# Jaibreake apple TV3



## natpho (9 Avril 2012)

Bonjour,
je viens de faire l'acquisition d'une apple tv3 (prenant en compte le 1080).
Avez vous une procédure pour le jailbreaker ? tout les firmwares que j'ai téléchargé ne sont reconnu par pwnage tool et sous Seasonpass, une fenetre (script de restore succesfully) reste figé ...
Comment bien jailbreaker mon apple TV?
Quel plug ins me conseillé vous après ? XBMC, NitoTV ou autre... ?

Merci pour les conseils


----------



## lsr (9 Avril 2012)

Salut

L'ATV3 n'a pas encore été jailbreaké


----------



## natpho (10 Avril 2012)

Bonjour, 
c'est prévu ou c'est pas possible ... l'avantage en le jailbreakan c'est d'accèder à tout les fichiers de mon ordi à partir de apple tv ... 
sinon je suis obligé de passer par itunes ...
En attendant très vite pouvoir le jailbreaker
MErci


----------



## natpho (21 Avril 2012)

Bonjour,
Est ce que quelqu'un a réussi à jailbreaker le nouvel Aplle TV?

Merci d'avance


----------



## endavent (3 Mai 2012)

L'ATV3 semble poser des problèmes aux "hackers" et il n'y a toujours rien à l'horizon.

La version 5 d'iOS a été, quant à elle, déverrouillée, et ce depuis plusieurs semaines.

Mais il s'agit d'un "jailbreak tethered", ce qui signifie qu'à chaque fois que vous devrez redémarrer votre appareil (pas seulement le sortir de mise en veille) il faudra le reconnecter à votre ordinateur pour le relancer. 
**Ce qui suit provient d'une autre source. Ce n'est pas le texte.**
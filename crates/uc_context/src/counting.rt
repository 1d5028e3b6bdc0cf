//! How large types are.
ghost use Rattle.std.specs.Prelude.{◌≡◌, ◌-◌, ◌^◌, ◌↔◌, min, IsTrue};
ghost use Rattle.uc_context.specs.Opens.{opens_of};
ghost use Rattle.uc_context.specs.Counts.{open_node_count, opens_node_count, levels_of_open, levels_of_opens, IsSmall};

use crate::open::{Open, OpenNode};

/// How many nodes a type in the checker may have.
pub const TYPE_NODE_LIMIT: u64 = 20_000;

/// How many levels a type in the checker may have.
pub const TYPE_LEVEL_LIMIT: u32 = 512;

/// How many nodes a type has; a count past the last u64 is that.
#[cycle(open_nodes)]
#[tactic(auto, using(crate::proofs::Sizes::parts))]
pub fn open_nodes(of: &Open) -> u64
    ensures { result ≡ min (open_node_count of.now) (2 ^ 64 - 1) }
{
    match &of.node {
        OpenNode::Bound(_) | OpenNode::Rigid(_) | OpenNode::Exists(_) | OpenNode::Unit => 1,
        OpenNode::Forall(t) => open_nodes(t).saturating_add(1),
        OpenNode::Arrow(a, b) => open_nodes(a)
            .saturating_add(open_nodes(b))
            .saturating_add(1),
        OpenNode::Tuple(ts) | OpenNode::Data(_, ts) => nodes_of_opens(ts).saturating_add(1),
    }
}

#[cycle(open_nodes)]
#[tactic(auto, using(crate::proofs::Sizes::parts))]
fn nodes_of_opens(ts: &[Open]) -> u64
    ensures { result ≡ min (opens_node_count (opens_of ts.now)) (2 ^ 64 - 1) }
{
    let mut nodes = 0u64;
    for t in ts {
        nodes = nodes.saturating_add(open_nodes(t));
    }
    nodes
}

/// How many levels a type has; a count past the last u32 is that.
#[cycle(open_levels)]
#[tactic(auto, using(crate::proofs::Sizes::parts))]
pub fn open_levels(of: &Open) -> u32
    ensures { result ≡ min (levels_of_open of.now) (2 ^ 32 - 1) }
{
    match &of.node {
        OpenNode::Bound(_) | OpenNode::Rigid(_) | OpenNode::Exists(_) | OpenNode::Unit => 1,
        OpenNode::Forall(a) => open_levels(a).saturating_add(1),
        OpenNode::Arrow(a, b) => open_levels(a).max(open_levels(b)).saturating_add(1),
        OpenNode::Tuple(ts) | OpenNode::Data(_, ts) => opens_levels(ts).saturating_add(1),
    }
}

#[cycle(open_levels)]
#[tactic(auto, using(crate::proofs::Sizes::parts))]
fn opens_levels(ts: &[Open]) -> u32
    ensures { result ≡ min (levels_of_opens (opens_of ts.now)) (2 ^ 32 - 1) }
{
    let mut levels = 0u32;
    for t in ts {
        levels = levels.max(open_levels(t));
    }
    levels
}

/// Whether a type is within the limits of a type in the checker.
pub fn is_small(of: &Open) -> bool
    ensures { IsTrue result ↔ IsSmall of.now }
{
    open_nodes(of) <= TYPE_NODE_LIMIT && open_levels(of) <= TYPE_LEVEL_LIMIT
}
Ce n'est donc pas très pratique et c'est pourquoi je vous recommande plutôt d'attendre le "jailbreak untethered" qui ne devrait pas trop tarder....ou d'installer la version précédente d'iOS qui est déverrouillable sans problème. A moins que vous ne soyez un inconditionnel des superbes nouvelles icones du menu !

Pour plus d'infos cliquez ici


----------



## davidoffski (7 Mai 2012)

Bonjour, j'ai reçu l'Apple TV il y a quelques jours, j'ai essayé de la jailbreaker, mais ça n'a pas fonctionné. J'ai donc été voir la version du logiciel, et c'est la version 5.0 (4099), modèle MD199FD/A. Comment savoir si c'est une Apple TV2 ou 3 ?


----------



## Gwen (7 Mai 2012)

S&#8217;il y a marqué 1080 sur la boîte, c'est une version 3.


----------



## davidoffski (7 Mai 2012)

Merci c'est donc bien une version 3


----------



## Gold28 (16 Mai 2012)

Bonjour à tous. 
Je viens aussi de faire l'acquisition d'un Apple TV il y a peu et j'avoue que je ne m'y connais pas du tout concernant le jailbreak. Je sais que cela permet de débloquer des fonctionnalités qui peuvent être intéressantes mais je sais que cela n'est pas encore possible pour l'Apple TV3. Savez-vous quand cela sera-t-il possible ? 
Merci d'avance !


----------



## Lauange (17 Mai 2012)

Mais il s'agit d'un "jailbreak tethered", ce qui signifie qu'à chaque fois que vous devrez redémarrer votre appareil (pas seulement le sortir de mise en veille) il faudra le reconnecter à votre ordinateur pour le relancer. 

Le redémarrage Avec le Pc ne s'applique pas à la sortie de la mise en veille. Il s'applique uniquement après un arrêt complet ou coupure électrique.


----------



## Rem64 (17 Mai 2012)

Lauange a dit:


> Le redémarrage Avec le Pc ne s'applique pas à la sortie de la mise en veille. Il s'applique uniquement après un arrêt complet ou coupure électrique.



Ou encore d'un plantage ce qui est le risque majeur


----------



## JaiLaTine (18 Mai 2012)

J'attend le jailbreak avec impatience pour visionner ma time capsule grâce a l'appleTV jailbreaker


----------